### Work to complete
Pull every line from the records that has the word "Global" in it.

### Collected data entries

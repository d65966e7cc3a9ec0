ghost use Rattle.std.specs.Prelude.{◌≡◌, ◌↔◌, ◌<◌, ℕ, [], ◌∷◌, ◌++◌, length, slice_get, map, Some, IfOk, OnOk, OnErr, IsTrue, MatchOption};
ghost use Rattle.std.specs.Option.{option_map};
ghost use Rattle.rp_logic.specs.Terms.{Tm};
ghost use Rattle.rp_logic.specs.Views.{term_view, terms_view};
ghost use Rattle.rp_terms.specs.Symbols.{symbol_of, arguments, listed};
ghost use Rattle.rp_terms.specs.means.Built.{IsNode};
ghost use Rattle.rp_terms.specs.Numbered.{AreDifferent, HasNoNumber, AreNumbersOf, Adds, AddsAll, AddsFirst, parts_of, parts_of_each};
ghost use Rattle.rp_terms.specs.means.Hash.{term_hash};

use crate::hash::{hash_of, mix, symbol_hash};
use crate::hashes::Hashes;
use crate::node::Node;
use crate::symbol::Symbol;
use rp_logic::Term;
use rp_value::{Boxed, List, Memory, copy_bytes};
use std::alloc::Global;
use std::marker::Model;

/// Terms by their numbers: each term once, numbered from 0 in the order in which they came, and with it all terms that
/// stand in it. Contracts see it as the list of its terms.
#[derive(Drop)]
pub struct Bank {
    alloc: Global,
    nodes: List<Node>,
    hashes: Hashes,
}

impl Model for Bank {
    ghost use Rattle.std.specs.Prelude.{List};
    ghost use Rattle.rp_logic.specs.Terms.{Tm};
    ghost use Rattle.rp_terms.specs.means.Built.{terms_of, AreBuilt};
    ghost use Rattle.std.specs.Coded.{coded_list};
    ghost use Rattle.rp_terms.specs.means.TermCodes.{coded_tm};

    ghost Value = { List Tm };

    ghost coded = { coded_list coded_tm };

    ghost view = { λ b. terms_of b.nodes };

    ghost invariant = { λ b. AreBuilt b.nodes b.hashes };
}

impl Bank {
    /// The bank without a term. It takes no memory.
    pub fn new(alloc: Global) -> Bank
        ensures { result ≡ [] }
    {
        Bank {
            alloc,
            nodes: List::new(alloc),
            hashes: Hashes::new(alloc),
        }
    }

    /// How many terms have a number.
    pub fn count(&self) -> u32
        ensures length { result ≡ length self.now }
        ensures few { length self.now < 4294967295 }
        ensures different { AreDifferent self.now }
    {
        self.nodes.count()
    }

    /// The node of the term with the number.
    fn node(&self, id: u32) -> &Node
        requires { id < length self.now }
        ensures { (t : Tm) × (slice_get self.now id ≡ Some t) × IsNode self.now id result.now t }
    {
        self.nodes.get(id as usize)
    }

    /// The symbol of the term with the number. It takes no memory.
    pub fn symbol(&self, id: u32) -> &Symbol
        requires { id < length self.now }
        ensures { option_map symbol_of (slice_get self.now id) ≡ Some result.now }
    {
        &self.node(id).symbol
    }

    /// The numbers of the term's arguments, in order, each below its own. It takes no memory.
    pub fn parts(&self, id: u32) -> &List<u32>
        requires { id < length self.now }
        ensures numbers { (t : Tm) → slice_get self.now id ≡ Some t → AreNumbersOf self.now result.now (arguments t) }
        ensures earlier { (k p : ℕ) → slice_get result.now k ≡ Some p → p < id }
    {
        &self.node(id).parts
    }

    /// The number of the term. It takes no memory.
    pub fn find(&self, t: &Term) -> Option<u32>
        ensures { MatchOption result (HasNoNumber self.now (term_view t.now)) (λ id. slice_get self.now id ≡ Some (term_view t.now)) }
    {
        let mut at = self.hashes.last(hash_of(t));
        'chain: while let Some(id) = at {
            if self.is_at(id, t) {
                return Some(id);
            }
            at = self.hashes.before(id);
        }
        None
    }

    /// Whether the term has this number.
    #[cycle(is_at)]
    fn is_at(&self, id: u32, t: &Term) -> bool
        requires { id < length self.now }
        ensures { IsTrue result ↔ (slice_get self.now id ≡ Some (term_view t.now)) }
    {
        let node = self.node(id);
        if !node.symbol.is_of(t) {
            return false;
        }
        match t {
            Term::Var(_) => true,
            Term::Const(_) => true,
            Term::Int(_) => true,
            Term::Str(_) => true,
            Term::Fn(_, args) => self.are_at(node.parts.as_slice(), args.as_slice()),
            Term::Con(_, args) => self.are_at(node.parts.as_slice(), args.as_slice()),
            Term::Sel(_, _, a) => self.is_at(*node.parts.get(0), a.get()),
            Term::Plus(a, _) => self.is_at(*node.parts.get(0), a.get()),
        }
    }

    /// Whether the terms have these numbers.
    #[cycle(is_at)]
    fn are_at(&self, ids: &[u32], terms: &[Term]) -> bool
        requires { (k p : ℕ) → slice_get ids.now k ≡ Some p → p < length self.now }
        ensures { IsTrue result ↔ AreNumbersOf self.now ids.now (listed (terms_view terms.now)) }
    {
        if ids.len() != terms.len() {
            return false;
        }
        for i in 0..ids.len() {
            if !self.is_at(ids[i], &terms[i]) {
                return false;
            }
        }
        true
    }

    /// The term with the number.
    #[cycle(read)]
    pub fn read(&self, alloc: Global, id: u32) -> Result<Term, Memory>
        requires { id < length self.now }
        ensures { IfOk result (λ t. slice_get self.now id ≡ Some (term_view t)) }
    {
        let node = self.node(id);
        match &node.symbol {
            Symbol::Var(n) => Ok(Term::Var(*n)),
            Symbol::Const(c) => Ok(Term::Const(*c)),
            Symbol::Int(n) => Ok(Term::Int(*n)),
            Symbol::Str(bytes) => Ok(Term::Str(copy_bytes(alloc, bytes.as_slice())?)),
            Symbol::Fn(f) => Ok(Term::Fn(*f, self.read_all(alloc, id, node.parts.as_slice())?)),
            Symbol::Con(c) => Ok(Term::Con(*c, self.read_all(alloc, id, node.parts.as_slice())?)),
            Symbol::Sel(c, i) => {
                let t = self.read(alloc, *node.parts.get(0))?;
                Ok(Term::Sel(*c, *i, Boxed::new(alloc, t)?))
            },
            Symbol::Plus(n) => {
                let t = self.read(alloc, *node.parts.get(0))?;
                Ok(Term::Plus(Boxed::new(alloc, t)?, *n))
            },
        }
    }

    /// The terms with the numbers, each of them below a bound.
    #[cycle(read)]
    fn read_all(&self, alloc: Global, bound: u32, ids: &[u32]) -> Result<List<Term>, Memory>
        requires within { bound < length self.now }
        requires earlier { (k p : ℕ) → slice_get ids.now k ≡ Some p → p < bound }
        ensures { IfOk result (λ terms. AreNumbersOf self.now ids.now (listed (terms_view terms))) }
    {
        let mut terms = List::new(alloc);
        for id in ids {
            terms.push(self.read(alloc, *id)?)?;
        }
        Ok(terms)
    }

    /// The number of the term. A term without one gets the next, behind the terms that stand in it. Where memory is
    /// wanting, only the first of these were added.
    #[cycle(intern)]
    pub fn intern(&mut self, t: &Term) -> Result<u32, Memory>
        ensures number { IfOk result (λ id. slice_get self.new id ≡ Some (term_view t.now)) }
        ensures ok { OnOk result (AddsAll self.old (parts_of (term_view t.now)) self.new) }
        ensures err { OnErr result (AddsFirst self.old (parts_of (term_view t.now)) self.new) }
    {
        match t {
            Term::Var(_) => self.number(t, List::new(self.alloc)),
            Term::Const(_) => self.number(t, List::new(self.alloc)),
            Term::Int(_) => self.number(t, List::new(self.alloc)),
            Term::Str(_) => self.number(t, List::new(self.alloc)),
            Term::Fn(_, args) => {
                let parts = self.intern_all(args.as_slice())?;
                self.number(t, parts)
            },
            Term::Con(_, args) => {
                let parts = self.intern_all(args.as_slice())?;
                self.number(t, parts)
            },
            Term::Sel(_, _, a) => {
                let part = self.intern(a.get())?;
                self.number_over(t, part)
            },
            Term::Plus(a, _) => {
                let part = self.intern(a.get())?;
                self.number_over(t, part)
            },
        }
    }

    /// The numbers of the terms.
    #[cycle(intern)]
    fn intern_all(&mut self, terms: &[Term]) -> Result<List<u32>, Memory>
        ensures numbers { IfOk result (λ ids. AreNumbersOf self.new ids (listed (terms_view terms.now))) }
        ensures ok { OnOk result (AddsAll self.old (parts_of_each (terms_view terms.now)) self.new) }
        ensures err { OnErr result (AddsFirst self.old (parts_of_each (terms_view terms.now)) self.new) }
    {
        let mut ids = List::new(self.alloc);
        for t in terms {
            let id = self.intern(t)?;
            ids.push(id)?;
        }
        Ok(ids)
    }

    /// The number of a term over one argument, which has this number.
    fn number_over(&mut self, t: &Term, part: u32) -> Result<u32, Memory>
        requires { AreNumbersOf self.old (part ∷ []) (arguments (term_view t.now)) }
        ensures number { IfOk result (λ id. slice_get self.new id ≡ Some (term_view t.now)) }
        ensures ok { OnOk result (Adds self.old (term_view t.now) self.new) }
        ensures err { OnErr result (self.new ≡ self.old) }
    {
        let mut parts = List::new(self.alloc);
        parts.push(part)?;
        self.number(t, parts)
    }

    /// The number of a term over arguments with these numbers.
    fn number(&mut self, t: &Term, parts: List<u32>) -> Result<u32, Memory>
        requires { AreNumbersOf self.old parts (arguments (term_view t.now)) }
        ensures number { IfOk result (λ id. slice_get self.new id ≡ Some (term_view t.now)) }
        ensures ok { OnOk result (Adds self.old (term_view t.now) self.new) }
        ensures err { OnErr result (self.new ≡ self.old) }
    {
        let hash = self.hash_over(t, parts.as_slice());
        match self.known(hash, t, &parts) {
            Some(id) => Ok(id),
            None => self.add(hash, t, parts),
        }
    }

    /// The hash of a term over arguments with these numbers.
    fn hash_over(&self, t: &Term, parts: &[u32]) -> u64
        requires { AreNumbersOf self.now parts.now (arguments (term_view t.now)) }
        ensures { result ≡ term_hash (term_view t.now) }
    {
        let mut hash = symbol_hash(t);
        for part in parts {
            hash = mix(hash, self.hashes.get(*part));
        }
        hash
    }

    /// The number of a term over arguments with these numbers, where it has one.
    fn known(&self, hash: u64, t: &Term, parts: &List<u32>) -> Option<u32>
        requires hashed { hash ≡ term_hash (term_view t.now) }
        requires numbers { AreNumbersOf self.now parts.now (arguments (term_view t.now)) }
        ensures { MatchOption result (HasNoNumber self.now (term_view t.now)) (λ id. slice_get self.now id ≡ Some (term_view t.now)) }
    {
        let mut at = self.hashes.last(hash);
        'chain: while let Some(id) = at {
            if self.is_node(id, t, parts) {
                return Some(id);
            }
            at = self.hashes.before(id);
        }
        None
    }

    /// Whether the term over arguments with these numbers has this number.
    fn is_node(&self, id: u32, t: &Term, parts: &List<u32>) -> bool
        requires within { id < length self.now }
        requires numbers { AreNumbersOf self.now parts.now (arguments (term_view t.now)) }
        ensures { IsTrue result ↔ (slice_get self.now id ≡ Some (term_view t.now)) }
    {
        let _ = &self.alloc;
        let node = self.node(id);
        if !node.symbol.is_of(t) {
            return false;
        }
        node.parts == *parts
    }

    /// Gives the next number to a term without one, over arguments with these numbers.
    fn add(&mut self, hash: u64, t: &Term, parts: List<u32>) -> Result<u32, Memory>
        requires hashed { hash ≡ term_hash (term_view t.now) }
        requires numbers { AreNumbersOf self.old parts (arguments (term_view t.now)) }
        requires unknown { HasNoNumber self.old (term_view t.now) }
        ensures number { IfOk result (λ id. slice_get self.new id ≡ Some (term_view t.now)) }
        ensures ok { OnOk result (self.new ≡ self.old ++ term_view t.now ∷ []) }
        ensures err { OnErr result (self.new ≡ self.old) }
    {
        let symbol = Symbol::of(self.alloc, t)?;
        let id = self.nodes.count();
        self.nodes.push(Node { symbol, parts })?;
        match self.hashes.push(hash) {
            Ok(()) => Ok(id),
            Err(_) => {
                let _gone = self.nodes.pop();
                Err(Memory)
            },
        }
    }
}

### Exercise response
use std::alloc::Global;
    alloc: Global,
    pub fn new(alloc: Global) -> Bank
    pub fn read(&self, alloc: Global, id: u32) -> Result<Term, Memory>
    fn read_all(&self, alloc: Global, bound: u32, ids: &[u32]) -> Result<List<Term>, Memory>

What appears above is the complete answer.